It is very easy to dismiss the Tea Party protesters as a bunch of racist, xenophobic, gun nuts with paranoid mindsets who have a deep, irrational hatred of liberals and President Barack Obama because he is African-American. Judging from the hateful signs, open display of guns in healthcare town halls, and blatant use of racist and offensive imagery and symbols, calling them a bunch of yahoos and dismissing their perspectives as irrelevant is very easy.
That’s not what I am going to do here. I am actually going to try and take their perspectives seriously for a moment and think about what they potentially mean for American politics and how it is currently practiced as a contest between the two major political parties.
If you wade through all the racist and offensive garbage that is being spewed, you will find that much of the Tea Party anger has a familiar, populist ring to it. They are mad about the state of the economy, about the deteriorating state of American institutions and the country’s diminishing standing on the world stage. They are anxious about bread and butter issues, and they see the Washington DC establishment as corrupt, overrun by special interests and as a place where the interests of ordinary, working Americans are ignored. They see American democracy as broken, therefore, and in need of serious fixing. These perspectives are not that different from what I — an immigrant, minority, and a self-professed Progressive liberal — have been blogging about for some time now.
Thus, these Tea Party folks marched in Washington on September 12 — many of them people who have never participated in a political march before — to show that they are mad as hell, won’t take it anymore, and are ready to do what it takes to take America back. It is very easy to see and hear the shrillest and most militant among them, who hold the most extreme views, and see the kooks as representative of what the Tea Party movement is all about.
Let me know if you think I am totally off-base. But I actually think the Tea Party movement, because it is successfully tapping into a vein of populist discontent and anxiety about the state of American society, has the potential to develop into a legitimate, populist political entity that can present a real challenge to the dominance of the two major parties.
The societal anger and anxiety the Tea Party movement is tapping into is real. Many people are feeling very insecure about the state of America in 2009 and are feeling powerless to do anything about it and are finding in the Tea Party movement the vehicle for expressing this populist discontent.
I have written a lot about third parties and political movements outside of the two major parties. I see the Tea Party movement as an entity with the potential — I stress that point, the POTENTIAL — to mount a legitimate, populist challenge to the dominance of the two major parties. They aren’t there yet and much of the blatant bigotry and hate-mongering turns me off but something about their populist anger rings true and familiar to me.
As a Progressive, do I see myself working with or being sympathetic to Tea Party folks if they do develop into a legitimate political organization? What about the hatefulness, bigotry and blatant anti-social messages? What about the displayed contempt they have for liberals, Progressives, minorities and immigrants like me?
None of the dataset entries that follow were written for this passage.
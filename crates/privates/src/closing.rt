//! The end of an opening round with a private still unsold: the price of SV falls, or, if SV is
//! sold, each sold private pays its revenue.
ghost use Rattle.std.specs.Prelude.{◌≡◌, ◌≢◌, ◌<◌, ◌-◌, OnOk, false};
ghost use Rattle.events.specs.declared.event.Event.TheVariants as event;
ghost use Rattle.totals.specs.LookBack.{is_sold, priority_of, sv_price_of, with_event, with_events};
ghost use Rattle.history.specs.Record.{revenues_recorded};
ghost use Rattle.privates.specs.Closing.{after_fall, given_away, opening_round_closed};
ghost use Rattle.privates.specs.Underway.{IsUnderway};
ghost use Rattle.tables.specs.declared.roster.Private.TheVariants.{SchuylkillValley};

use crate::sale::settle_all;
use history::{Event, History};
use std::alloc::AllocError;
use tables::{Amount, Private, Seat};

/// How much SV's price falls, in dollars, when all pass before it is sold.
const FALL: u32 = 5;

/// Ends the round: unless all privates are sold, SV's price falls, or each sold private pays.
pub(crate) fn close(history: &mut History) -> Result<(), AllocError>
    requires some { 0 < history.old.seats }
    requires underway { IsUnderway history.old }
    ensures after { OnOk result (history.new ≡ with_events history.old
        (opening_round_closed history.old.seats history.old.events)) }
    ensures underway { OnOk result (IsUnderway history.new) }
{
    let owners = history.now().owners();
    if owners.cheapest_unsold().is_none() {
        return Ok(());
    }
    if owners.is_sold(Private::SchuylkillValley) {
        pay_revenues(history)
    } else {
        lower_price(history)
    }
}

/// Lowers the price of SV, which is unsold; at 0 SV goes to the holder of priority for nothing.
fn lower_price(history: &mut History) -> Result<(), AllocError>
    requires some { 0 < history.old.seats }
    requires unsold { is_sold history.old.events SchuylkillValley ≡ false }
    requires underway { IsUnderway history.old }
    ensures after { OnOk result (history.new ≡ with_events history.old
        (after_fall history.old.seats history.old.events (sv_price_of history.old.events - 5)
        (priority_of history.old.seats history.old.events))) }
    ensures underway { OnOk result (IsUnderway history.new) }
{
    let price = history.now().sv_price().saturating_sub(FALL);
    if price == 0 {
        let holder = history.now().priority();
        give_away(history, holder)?;
        return settle_all(history);
    }
    set_price(history, price)
}

/// Records that SV's price falls to a positive sum.
fn set_price(history: &mut History, price: Amount) -> Result<(), AllocError>
    requires fallen { price ≡ sv_price_of history.old.events - 5 }
    requires some { price ≢ 0 }
    requires underway { IsUnderway history.old }
    ensures event { OnOk result (history.new ≡ with_event history.old (event.Price price)) }
    ensures underway { OnOk result (IsUnderway history.new) }
{
    history.append(Event::Price { price })?;
    Ok(())
}

/// Records that SV's price falls to 0, and that SV goes to a seat at the table for nothing.
fn give_away(history: &mut History, seat: Seat) -> Result<(), AllocError>
    requires unsold { is_sold history.old.events SchuylkillValley ≡ false }
    requires at_table { seat.0 < history.old.seats }
    requires underway { IsUnderway history.old }
    ensures after { OnOk result (history.new
        ≡ with_events history.old (given_away history.old.events seat)) }
    ensures underway { OnOk result (IsUnderway history.new) }
{
    history.append(Event::Price { price: 0 })?;
    history.append(Event::Sold {
        private: Private::SchuylkillValley,
        seat,
        price: 0,
    })?;
    Ok(())
}

/// Pays the revenue of each sold private to its owner, in roster order.
fn pay_revenues(history: &mut History) -> Result<(), AllocError>
    requires { IsUnderway history.old }
    ensures game { OnOk result (history.new ≡ revenues_recorded history.old) }
    ensures underway { OnOk result (IsUnderway history.new) }
{
    history.record_revenues()?;
    Ok(())
}
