/// Decides at the nodes at which no run is begun, beginning at a place in the order of the trains.
/// Each node is the first child of the one before, down to the first that is not split, or to the
/// leaf. Returns how far it came: the trains before that place must set out. Returns `None` if the
/// walk ends.
fn descend<D: Decider>(tree: &Tree, value: u64, first: usize, decider: &mut D) -> Option<usize>
    ensures { (position : Position) (assigned : List TrainRun) →
        IsBetweenRuns position tree.now value assigned →
        first ≤ length (trains_of_tree tree.now) →
        Descends D.decides position tree.now assigned first decider.old result decider.new }
{
    for place in first..tree.count {
        let bound = value.saturating_add(tree.may_earn_from(place));
        match decider.decide(bound, false) {
            Decision::Cut => return Some(place),
            Decision::Split => {}
            Decision::Stop => return None,
        }
    }
    match decider.decide(value, true) {
        Decision::Cut => Some(tree.count),
        Decision::Split => Some(tree.count),
        Decision::Stop => None,
    }
}

/// Walks over a node at which no run is begun.
#[cycle(walk)]
pub(crate) fn choose<N: Network, D: Decider>(
    network: &N,
    tree: &Tree,
    value: u64,
    first: usize,
    used: &mut Used,
    decider: &mut D,
) -> bool
    ensures walks { (assigned : List TrainRun) →
        IsBetweenRuns (N.position network.now) tree.now value assigned →
        AreCrossed used.old (run_borders assigned) →
        first ≤ length (trains_of_tree tree.now) →
        let nodes = node_from tree.now assigned first ∷ [] in
        WalksOver D.decides (N.position network.now) tree.now decider.old nodes result decider.new }
    ensures used { used.new ≡ used.old }
{
    let Some(deepest) = descend(tree, value, first, decider) else {
        return false;
    };
    let mut place = deepest;
    'trains: while first < place {
        place -= 1;
        if !set_out(network, tree, value, place, used, decider) {
            return false;
        }
    }
    true
}

/// Walks over the nodes at which the train at a place has set out, from each reached stop.
#[cycle(walk)]
fn set_out<N: Network, D: Decider>(
    network: &N,
    tree: &Tree,
    value: u64,
    place: usize,
    used: &mut Used,
    decider: &mut D,
) -> bool
    ensures walks { (assigned : List TrainRun) →
        IsBetweenRuns (N.position network.now) tree.now value assigned →
        AreCrossed used.old (run_borders assigned) →
        place < length (trains_of_tree tree.now) →
        let position = N.position network.now in
        let node = node_from tree.now assigned place in
        let nodes = setting_out position tree.now.company (reached_in tree.now) node in
        WalksOver D.decides position tree.now decider.old nodes result decider.new }
    ensures used { used.new ≡ used.old }
{
    let Some(kind) = tree.kind_at(place) else {
        return true;
    };
    let next = place.saturating_add(1);
    let still = Begun {
        kind,
        next,
        later: tree.may_earn_from(next),
        value,
        left: kind.stops(),
        own_token: false,
    };
    let mut seen = StopMarks::none();
    for stop in tree.reached.stops() {
        let begun = still.visiting(network, tree, *stop);
        seen.mark(*stop);
        let whole = leave(network, tree, *stop, &begun, used, &mut seen, decider);
        seen.unmark(*stop);
        if !whole {
            return false;
        }
    }
    true
}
My answer to those questions:
1. If Tea Party folks forego racism, gun fetish and virulent hatefulness so they can work with their fellow political outsiders on serious and real reform (for example, the types of reforms I talk about in this post) I would work with them.
2. Political outsiders who disagree on specific policy issues have one big thing in common. They are political outsiders. Therefore, it benefits them to lay aside their differences in favor of working together on issues that have the potential to open up the political playing field for ALL political outsiders.
3. Greens, Libertarians, Socialists and independents have all experienced the same types of structural obstacles in the American political system. Yet these different groups have banded together on occasion to pool their resources and fight together in court for more equal treatment for minority political parties. Just because you disagree politically doesn’t mean you can’t find common cause with other political outsiders on issues that impact all who are outside the duopoly.
4. Third parties like the Greens, Libertarians, Socialists, etc., have been in the front lines of electoral and court battles for opening up the political system for years. The Tea Party folks, if they ever develop into a legitimate political entity, cannot afford to ignore the collective experience of these groups.
The Republican Party is already trying to hijack the momentum of the Tea Party anger for its own gains. I am making a bet that there are enough politically astute folks in the Tea Party movement whose anti-establishment anger are real and will see co-optation by the Republican Party of their efforts as a betrayal. There is, after all, nothing anti-establishment about supporting either of the two establishment political parties.
I am also making the bet that the anti-establishment populist anger driving the Tea Party movement — if you separate out the hate and bigotry and gun fetish — is the same anti-establishment populist anger that drives people like me to reject the two major parties and make the conscious choice to be independents or join a third party. And I am making the bet that sooner or later, many Tea Party folks will be making a similar connection in their minds. What happens after that? Well, that is something I would very much like to see.
My hope: that it lead to the formation of a true populist challenge to the two major parties. My fear: that hate and racism become its driving force and it evolve into a militant, virulent, blatantly racist, xenophobic organization — but one with resources and with a big megaphone in the Glenn Becks and Rush Limbaughs of the world. As a populist I would rather the see a Tea Party movement that develops into the former rather than the latter.